What I think will happen
Kurt: Well, change won't happen overnight, as this industry tends to be hyper-conservative.
However, I believe that consolidation among sites will continue due to economic efficiency, reducing inefficiencies.
While I don't foresee CROs disappearing entirely, I do expect a future where certain services become more site-centric than CRO-centric.
Danny: That makes sense, and it's a realistic perspective. Some have even suggested the ideal future system might involve large, integrated site organizations with their own purpose-built technology to support clinical operations.
Kurt: Exactly. That integration could potentially streamline operations and reduce many of the challenges faced by sites today, creating a more cohesive and efficient system.
I think that kind of future is possible, but it starts with the pharmaceutical sponsors and regulators.
Large pharma companies often want to do things their own way, which can create a lack of standardization.
If the pharmaceutical industry, particularly the larger players, can agree on common standards and approaches that benefit all stakeholders, including sites, CROs, and patients, then we can make significant progress.
Additionally, regulatory bodies like the FDA need to be involved in these discussions because they have a say in how these technologies are used. So, while I hope for a more integrated future, it depends on various factors coming together.
Conclusion
In summary, our journey through the shifting landscape of clinical research has revealed a remarkable transformation.
This transformation is driven by the rising prominence of clinical research sites, which are poised to disrupt the traditional role of CROs.
As we continue to navigate these changes, we must address critical issues such as financial challenges, integration within CROs, and the ever-evolving landscape of clinical technology.

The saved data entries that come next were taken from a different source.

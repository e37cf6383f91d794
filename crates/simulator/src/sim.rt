//! Plays a script, from a reader to a writer.
ghost use Rattle.std.specs.Prelude.{◌≡◌, ◌≤◌, ◌++◌, ℕ, List, [], None, Some, OnOk, IfErr, IfSome, is_some, true};
ghost use Rattle.std.specs.declared.alloc.Global.{Global};
ghost use Rattle.std.specs.Io.Buffered.{reader_remaining};
ghost use Rattle.std.specs.Io.KnownBytes.{Appends};
ghost use Rattle.std.specs.Str.Lines.{lines};
ghost use Rattle.simulator.specs.Reading.{IsFlushed, IsPlayedLine, IsStopAt, left_of};
ghost use Rattle.simulator.specs.Runs.{output, run_of};
ghost use Rattle.simulator.specs.Statuses as spec;

use crate::fault::Fault;
use crate::reading::{MOST_READS, read_line};
use crate::report::Report;
use crate::run::Run;
use maildrop::next_line;
use script::ScriptFault;
use std::alloc::Global;
use std::io::{BufReader, Read, Write};

/// How a script has ended.
#[derive(Clone, Copy, Debug, PartialEq, Eq)]
pub struct SimEnd {
    /// The exit status, 0 to 2.
    pub status: u8,
    /// The number of the line at fault, counted from 1, if the status is 2.
    pub line: Option<u64>,
}

/// From so many bytes on output is written, even if the next line is there already.
const GATHERED: usize = 65_536;

/// Writes what is still to be written. It is let go even if that fails, so that no byte of it is written twice.
fn write_out<W: Write>(writer: &mut W, report: &mut Report) -> Result<(), Fault>
    ensures written { OnOk result (Appends (W.contents writer.old) (W.contents writer.new) report.old) }
    ensures cleared { report.new ≡ [] }
    ensures fault { IfErr result (λ fault. fault ≡ Fault.Write) }
{
    if report.get().is_empty() {
        return Ok(());
    }
    let written = writer.write_all(report.get());
    report.clear();
    match written {
        Ok(()) => Ok(()),
        Err(_) => Err(Fault::Write),
    }
}

/// Writes what is still to be written, before more input is awaited or if it is much.
fn write_due<W: Write>(writer: &mut W, report: &mut Report, is_awaited: bool) -> Result<(), Fault>
    ensures flushed { OnOk result (IsFlushed (W.contents writer.old) (W.contents writer.new) report.old report.new) }
    ensures fault { IfErr result (λ fault. fault ≡ Fault.Write) }
{
    if is_awaited || report.get().len() >= GATHERED {
        write_out(writer, report)
    } else {
        Ok(())
    }
}

fn fault_at(number: u64, fault: ScriptFault) -> Fault
    ensures { result ≡ spec.fault_at number fault }
{
    match fault {
        ScriptFault::Memory => Fault::Memory,
        _ => Fault::Line(number),
    }
}

/// Plays a line of this number, which has its line feed unless it is the last.
fn play_line(alloc: Global, run: &mut Run, number: u64, line: &[u8]) -> Result<(), Fault>
    ensures goes_on { OnOk result (IsPlayedLine line.now number (run_of run.old) run.old.report (run_of run.new) run.new.report) }
    ensures stops { IfErr result (λ fault. IsStopAt line.now number (run_of run.old) run.old.report run.new.report fault) }
{
    let Some((content, _)) = next_line(line) else {
        return Ok(());
    };
    match run.take_line(alloc, content) {
        Ok(()) => Ok(()),
        Err(fault) => Err(fault_at(number, fault)),
    }
}

/// Plays the lines of a script, in at most 4,294,967,295 reads. What came of them is written before more input is awaited.
fn play_lines<R: Read, W: Write>(
    alloc: Global,
    run: &mut Run,
    reader: &mut BufReader<R>,
    writer: &mut W,
) -> Result<(), Fault>
    ensures sound { OnOk result ((bytes : List ℕ) → reader_remaining R.remaining reader.old ≡ Some bytes → spec.fault_from (lines bytes) 1 run.old.script ≡ None) }
    ensures line { IfErr result (λ fault. (bytes : List ℕ) (number : ℕ) → reader_remaining R.remaining reader.old ≡ Some bytes → fault ≡ Fault.Line number → spec.fault_from (lines bytes) 1 run.old.script ≡ Some number) }
    ensures told { OnOk result ((bytes : List ℕ) → reader_remaining R.remaining reader.old ≡ Some bytes
        → IsFlushed (W.contents writer.old) (W.contents writer.new) (run.old.report ++ left_of bytes (run_of run.old)) run.new.report) }
    ensures told_before { IfErr result (λ fault. (bytes : List ℕ) (number : ℕ) → reader_remaining R.remaining reader.old ≡ Some bytes → fault ≡ Fault.Line number
        → IsFlushed (W.contents writer.old) (W.contents writer.new) (run.old.report ++ left_of bytes (run_of run.old)) run.new.report) }
{
    let mut line = Vec::new(alloc);
    let mut reads_left = MOST_READS;
    for number in 1..u64::MAX {
        write_due(writer, &mut run.report, !reader.buffer().contains(&b'\n'))?;
        if !read_line(reader, &mut reads_left, number, &mut line)? {
            return Ok(());
        }
        if let Err(fault) = play_line(alloc, run, number, line.as_slice()) {
            return Err(fault);
        }
    }
    Err(Fault::Read)
}

/// Plays the lines of a script, and writes also what came of them before a fault. Has one way out: who owns the run ends
/// with this call, since each way out of that function costs a proof of all that is dropped there.
fn play_and_write<R: Read, W: Write>(
    alloc: Global,
    run: &mut Run,
    reader: &mut BufReader<R>,
    writer: &mut W,
) -> Result<(), Fault>
    ensures sound { OnOk result ((bytes : List ℕ) → reader_remaining R.remaining reader.old ≡ Some bytes → spec.fault_from (lines bytes) 1 run.old.script ≡ None) }
    ensures line { IfErr result (λ fault. (bytes : List ℕ) (number : ℕ) → reader_remaining R.remaining reader.old ≡ Some bytes → fault ≡ Fault.Line number → spec.fault_from (lines bytes) 1 run.old.script ≡ Some number) }
    ensures written { OnOk result ((bytes : List ℕ) → reader_remaining R.remaining reader.old ≡ Some bytes
        → Appends (W.contents writer.old) (W.contents writer.new) (run.old.report ++ left_of bytes (run_of run.old))) }
    ensures written_before { IfErr result (λ fault. (bytes : List ℕ) (number : ℕ) → reader_remaining R.remaining reader.old ≡ Some bytes → fault ≡ Fault.Line number
        → Appends (W.contents writer.old) (W.contents writer.new) (run.old.report ++ left_of bytes (run_of run.old))) }
{
    let played = play_lines(alloc, run, reader, writer);
    write_out(writer, &mut run.report)?;
    played
}

/// Plays a script.
fn run<R: Read, W: Write>(alloc: Global, reader: &mut R, writer: &mut W) -> Result<(), Fault>
    ensures sound { OnOk result (IfSome (R.remaining reader.old) (λ input. spec.first_fault input ≡ None)) }
    ensures line { IfErr result (λ fault. (number : ℕ) → fault ≡ Fault.Line number → IfSome (R.remaining reader.old) (λ input. spec.first_fault input ≡ Some number)) }
    ensures written { OnOk result (IfSome (R.remaining reader.old) (λ input. Appends (W.contents writer.old) (W.contents writer.new) (output Global input))) }
    ensures written_before { IfErr result (λ fault. (number : ℕ) → fault ≡ Fault.Line number
        → IfSome (R.remaining reader.old) (λ input. Appends (W.contents writer.old) (W.contents writer.new) (output Global input))) }
{
    let Ok(mut lines) = BufReader::new(alloc, reader) else {
        return Err(Fault::Memory);
    };
    let mut run = Run::new(alloc);
    play_and_write(alloc, &mut run, &mut lines, writer)
}

/// Plays a script of events, from a reader, against a whole service of one to nine nodes, and writes what its sessions
/// are told, what its Mails and Breaks are answered, which commands are refused, and what nodes have performed, to a
/// writer. What comes of a line is written before more input is awaited. Returns the exit status: 0 at the end of the
/// input, 1 after a fault of memory, reading or writing, 2 at a line that is none of the language or may not come at its
/// place, with its number. At 0 and 2 it has written what all lines say that come before a fault, one after another. A fault is
/// reported on standard error, after the output of what ran before.
pub fn sim_run<H: AllocGlobal + Eprint, R: Read, W: Write>(
    rt: &H,
    reader: &mut R,
    writer: &mut W,
) -> SimEnd
    ensures played { result.status ≡ 0 → IfSome (R.remaining reader.old) (λ input. spec.first_fault input ≡ None) }
    ensures refused { result.status ≡ 2 → IfSome (R.remaining reader.old) (λ input. is_some (spec.first_fault input) ≡ true) }
    ensures line { IfSome result.line (λ number. IfSome (R.remaining reader.old) (λ input. spec.first_fault input ≡ Some number)) }
    ensures statuses { result.status ≤ 2 }
    ensures written { (result.status ≡ 1 → ⊥) → IfSome (R.remaining reader.old) (λ input. Appends (W.contents writer.old) (W.contents writer.new) (output Global input)) }
{
    match run(rt.alloc(), reader, writer) {
        Ok(()) => SimEnd {
            status: 0,
            line: None,
        },
        Err(fault) => {
            let _ = eprintln!(rt; "maildropd: {fault}");
            SimEnd {
                status: fault.status(),
                line: fault.line(),
            }
        }
    }
}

Looking to the future, we have the opportunity to create a more equitable and efficient system by recognizing the value of sites, compensating them for their contributions, and fostering collaboration among all stakeholders.
The vision of a future where large, integrated site organizations play a central role is within reach, provided that pharmaceutical sponsors, regulatory bodies, and industry players collectively work towards this goal.